# Skid plate probs



## MCcruze78 (Jul 31, 2017)

I've recently tried installing a skid plate and front splitter to my cruze because I've exceeded my budget on engine mods for the moment so I thought I'd start working on the aero. One problem came to mind... I heard earlier models were recalled because the skid plate from the factory wasn't allowing enough air flow to the engine and the engine would then catch fire! I looked under the car of many other cruzes and just like mine it looks like they literally just took a saw to the original skid plate made from plastic or whatever and cut out a space under the engine. I think the exhaust placement on the engine is the main source of heat but who knows. 
I've since then tried coming up with ideas to get around the possibility of my engine catching fire but that calls for more money spending. 
One idea I had was a new hood. There's been after market hoods made with vents allowing more air flow into the engine but mainly directed at the intake. I'm not too fond of the look of these hoods tho, and they're way too overpriced. 
Another idea would be to add dual fans and take out the stock fan but I'm also not sure how much more that will do. 
I've also looked into modifying my bumper and grille myself to allow more air flow through it. 
If anybody has encountered this problem as I have or found ways around it I'd like to hear what your thoughts are.


----------



## ChevyGuy (Dec 13, 2014)

MCcruze78 said:


> I heard earlier models were recalled because the skid plate from the factory wasn't allowing enough air flow to the engine and the engine would then catch fire!

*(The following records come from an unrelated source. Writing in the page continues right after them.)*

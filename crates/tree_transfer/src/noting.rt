// The nodes of a tree, each with the greatest bound that it shows.
ghost use Rattle.std.specs.Prelude.{◌≡◌, ◌+◌, ◌<◌, IfOk, OnOk, length, map};
ghost use Rattle.std.specs.List.{All};
ghost use Rattle.deadhead_paths.specs.Prices.{costs_of};
ghost use Rattle.branch_rules.specs.Limits.{IsNodeIn};
ghost use Rattle.grown_trees.specs.Places.{IsFineNode};
ghost use Rattle.tree_transfer.specs.Bounding.{IsGiven, support_in};
ghost use Rattle.tree_transfer.specs.Noting.{AreAllNoted, NotesAt};
ghost use Rattle.tree_transfer.specs.Shown.{AreNotedNodes, AreTreeNodes, HasShores, WouldShowSome};

use crate::bounding::{Given, shown_by};
use branch_rules::{Path, PriceSet, Tree};
use carp_base::{Instance, Memory};
use cut_pool::ShorePool;
use deadhead_paths::Distances;
use grown_trees::GrowingNode;
use std::alloc::Global;

/// The nodes of a tree in preorder, each with the greatest bound that it shows by itself, as trees have them that grow
/// at their leaves (`grown_trees`). What a leaf shows is as in [`greatest_bound`](crate::greatest_bound), and so are
/// the tree and the distances.
///
/// The only error is want of memory. It takes time as `greatest_bound` does, and memory for so many nodes.
pub fn note_nodes(
    alloc: Global,
    inst: &Instance,
    pool: &ShorePool,
    sets: &[PriceSet],
    dist: &Distances,
    tree: &Tree,
) -> Result<Vec<GrowingNode>, Memory>
    requires problem { dist.now.problem ≡ inst.now }
    requires prices { dist.now.prices ≡ costs_of inst.now }
    requires nodes { AreTreeNodes inst.now pool.now tree.now.nodes }
    requires shows { WouldShowSome (record { problem = inst.now; pool = pool.now; sets = sets.now }) tree.now.nodes }
    requires shores { HasShores (record { problem = inst.now; pool = pool.now; sets = sets.now }) }
    ensures noted { IfOk result (λ entries. AreNotedNodes (record { problem = inst.now; pool = pool.now; sets = sets.now }) tree.now.nodes entries.items) }
    ensures nodes { IfOk result (λ entries. map (λ entry. entry.node) entries.items ≡ tree.now.nodes) }
{
    let given = Given {
        inst,
        pool,
        sets,
        dist,
    };
    note_all(alloc, &given, tree)
}

// The nodes of a tree, each with the greatest bound that it shows.
fn note_all(alloc: Global, given: &Given<'_>, tree: &Tree) -> Result<Vec<GrowingNode>, Memory>
    requires given { IsGiven given.now }
    requires inside { All (IsNodeIn given.now.inst.now given.now.pool.now) tree.now.nodes }
    requires fine { All IsFineNode tree.now.nodes }
    requires shows { WouldShowSome (support_in given.now) tree.now.nodes }
    ensures { IfOk result (λ entries. AreAllNoted (support_in given.now) tree.now.nodes entries.items) }
{
    let mut path = Path::new(alloc);
    let mut entries = Vec::with_capacity(alloc, tree.len())?;
    for place in 0..tree.len() {
        note_node(alloc, given, tree, place, &mut path, &mut entries)?;
    }
    Ok(entries)
}

// The node at a place, with the greatest bound that it shows. The path goes past the node.
fn note_node(
    alloc: Global,
    given: &Given<'_>,
    tree: &Tree,
    place: usize,
    path: &mut Path,
    entries: &mut Vec<GrowingNode>,
) -> Result<(), Memory>
    requires given { IsGiven given.now }
    requires inside { All (IsNodeIn given.now.inst.now given.now.pool.now) tree.now.nodes }
    requires fine { All IsFineNode tree.now.nodes }
    requires place { place < length tree.now.nodes }
    requires at { NotesAt (support_in given.now) tree.now.nodes place path.old entries.old.items }
    ensures { OnOk result (NotesAt (support_in given.now) tree.now.nodes (place + 1) path.new entries.new.items) }
{
    let node = tree.node(place);
    let shows = shown_by(alloc, given, path.branch(), &node)?;
    path.pass(&node)?;
    entries.push(GrowingNode { node, shows })?;
    Ok(())
}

The story I heard is that a sloppy oil change would result in a pool of oil on top of the plastic plate. That pool of oil created a fire risk.


----------



## Blasirl (Mar 31, 2015)

Welcome Aboard!:welcome:


----------



## AutumnCruzeRS (Sep 10, 2012)

The ECO trim had aero panels under the left and right side and also under the trunk area. Good luck finding any of those. As for the engine shield it was just a hack job if dealers did the recall. I still have my full shield as I just removed it the 2 times I had warranty work done so there was no chance of them getting there hands on it. Im at 98k with no fires or overheating issues. I am running trifecta select-a-tune that has a cooler coolant temp setting of 201-203 degrees.


----------



## MCcruze78 (Jul 31, 2017)

People have been up talking the bnr tune over the trifecta. I have neither, just solid mods at the moment but I was curious if any bypass the governor or will I have to flash the system that runs the governor?


----------



## Blasirl (Mar 31, 2015)

Having a little more time to read this again, I thought I'd interject and say first, that is not a skid plate as it would provide next to no protection against rocks or whatever you bottom out against. I am guessing it is more of a splash protection on some models and an aerodynamic enhancer on others.

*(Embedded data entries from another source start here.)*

// The price sets that a tree names.
ghost use Rattle.std.specs.Prelude.{◌≡◌, ◌+◌, ◌≤◌, All, EachIndex, IfOk, OnErr, length, map, replicate, slice_index, false};
ghost use Rattle.grown_trees.specs.Growth.{IsSpelledNode};
ghost use Rattle.tree_transfer.specs.Named.{AreNamedSets, renumbered, renumbered_entry};
ghost use Rattle.tree_transfer.specs.NamedLaws.{NamedSetsSuffice};
ghost use Rattle.tree_transfer.specs.Naming.{AreMarked, AreNumbers, marked_by, marked_sets, number_in};

use branch_rules::{Node, PriceSet};
use carp_base::Memory;
use grown_trees::GrowingNode;
use std::alloc::Global;

/// The price sets that a price leaf among the nodes names, in their order. No other set stays. Each price leaf names
/// the set that it named, by its new number.
///
/// The only error is want of memory, and then the nodes are as they were. It takes time and memory in proportion to the
/// number of sets, and time in proportion to that of the nodes.
pub fn keep_named_sets(
    alloc: Global,
    sets: Vec<PriceSet>,
    nodes: &mut [GrowingNode],
) -> Result<Vec<PriceSet>, Memory>
    requires { All (λ entry. IsSpelledNode (length sets.items) entry.node) nodes.old }
    ensures named { IfOk result (λ kept. AreNamedSets sets.items kept.items nodes.old nodes.new) }
    ensures no_more { IfOk result (λ kept. length kept.items ≤ length sets.items) }
    ensures err { OnErr result (nodes.new ≡ nodes.old) }
{
    let marks = marks_of(alloc, sets.len(), nodes)?;
    let numbers = numbers_of(alloc, &marks)?;
    let kept = marked(alloc, sets, marks)?;
    renumber(nodes, &numbers);
    Ok(kept)
}

// A mark for each set that a price leaf names.
fn marks_of(alloc: Global, sets: usize, nodes: &[GrowingNode]) -> Result<Vec<bool>, Memory>
    requires { All (λ entry. IsSpelledNode sets entry.node) nodes.now }
    ensures { IfOk result (λ marks. AreMarked nodes.now sets marks.items) }
{
    let mut marks = vec![in alloc; false; sets]?;
    mark_all(&mut marks, nodes);
    Ok(marks)
}

// Marks the sets that nodes name, where none is marked before.
fn mark_all(marks: &mut [bool], nodes: &[GrowingNode])
    requires spelled { All (λ entry. IsSpelledNode (length marks.old) entry.node) nodes.now }
    requires none { marks.old ≡ replicate (length marks.old) false }
    ensures { AreMarked nodes.now (length marks.old) marks.new }
{
    for entry in nodes {
        mark(marks, &entry.node);
    }
}

// Marks the set that a node names.
fn mark(marks: &mut [bool], node: &Node)
    requires { IsSpelledNode (length marks.old) node.now }
    ensures { marks.new ≡ marked_by node.now marks.old }
{
    if let Node::Price { set } = *node {
        marks[set as usize - 1] = true;
    }
}

// For each mark how many are true up to it.
fn numbers_of(alloc: Global, marks: &[bool]) -> Result<Vec<usize>, Memory>
    ensures { IfOk result (λ numbers. AreNumbers marks.now numbers.items) }
{
    let mut numbers = Vec::with_capacity(alloc, marks.len())?;
    let mut number = 0;
    for is_named in marks {
        number += usize::from(*is_named);
        numbers.push(number)?;
    }
    Ok(numbers)
}

// The sets that are marked.
fn marked(alloc: Global, sets: Vec<PriceSet>, marks: Vec<bool>) -> Result<Vec<PriceSet>, Memory>
    ensures { IfOk result (λ kept. kept.items ≡ marked_sets marks.items sets.items) }
{
    let kept = sets
        .into_iter()
        .zip(marks)
        .filter(|pair| pair.1)
        .map(|pair| pair.0)
        .collect(alloc)?;
    Ok(kept)
}

// Gives the set of each price leaf its new number.
fn renumber(nodes: &mut [GrowingNode], numbers: &[usize])
    requires spelled { All (λ entry. IsSpelledNode (length numbers.now) entry.node) nodes.old }
    requires no_greater { EachIndex numbers.now (λ place. slice_index numbers.now place ≤ place + 1) }
    ensures { nodes.new ≡ map (renumbered_entry (number_in numbers.now)) nodes.old }
{
    for entry in nodes.iter_mut() {
        entry.node = renumbered_node(entry.node, numbers);
    }
}

// A node, whose set has its new number.
fn renumbered_node(node: Node, numbers: &[usize]) -> Node
    requires spelled { IsSpelledNode (length numbers.now) node }
    requires no_greater { EachIndex numbers.now (λ place. slice_index numbers.now place ≤ place + 1) }
    ensures { result ≡ renumbered (number_in numbers.now) node }
{
    match node {
        Node::Price { set } => Node::Price {
            set: numbers[set as usize - 1] as u32,
        },
        other => other,
    }
}

/// The price sets that a noted tree names are all that it needs: with their new numbers in its price leaves, it shows
/// each bound that it showed, and has the turns that it had.
pub fn named_sets_suffice()
    ensures { NamedSetsSuffice }
{}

If you pull a junkyard panel from an ECO and slightly modify it (oil drain hole etc.) and also the shutter system from the front grille you might be able to help aerodynamics some. Also get a set of ECO 17" rims to lower your unsprung weight somewhat.

If you are a decent TIG welder, try your hand at making an actual diffuser for the rear.


I would also ask the mods to re-title your post to something like "Need help with Aerodynamic mod's" or something of that nature in order to get more folks to look at it.

For that matter, this Forum folder(?) is for introductions more so than questions about problems. This thread might be better suited for the "Gen1 Appearance, Body, Detailing, & Interior" folder.


So with all that said, don't forget to introduce yourself and your Cruze here.


----------



## Redstar7 (Oct 30, 2019)

I'm new here, hello. I ran over a curb at night, dumb thing to do, next DAT to it to dealer and they hooked skid plate back on. They said if it falls off again, I will need new subframe, no holes left fr skid plate, turn it into insurance co. No way . anyway, after driving it on short trips to store etc, today I heard horrible knocking. I thought it was the car next to me, not! I ran to dealer, of course it didn't do it when they drove it. I'm worried about overheating, I drove it more today then ever. I don't HV the money fr a new subframe, its just scratched, I don't want a fire. Just wondering if I should HV it looked at. The knocking scared me


----------



## Blasirl (Mar 31, 2015)

Redstar7 said:


> I'm new here, hello. I ran over a curb at night, dumb thing to do, next DAT to it to dealer and they hooked skid plate back on. They said if it falls off again, I will need new subframe, no holes left fr skid plate, turn it into insurance co. No way . anyway, after driving it on short trips to store etc, today I heard horrible knocking. I thought it was the car next to me, not! I ran to dealer, of course it didn't do it when they drove it. I'm worried about overheating, I drove it more today then ever. I don't HV the money fr a new subframe, its just scratched, I don't want a fire. Just wondering if I should HV it looked at. The knocking scared me


Welcome Aboard!

The shield is not required for anything except to help keep the engine bay clean and possibly help with aerodynamics.

Don't forget to introduce yourself and your Cruze here.


----------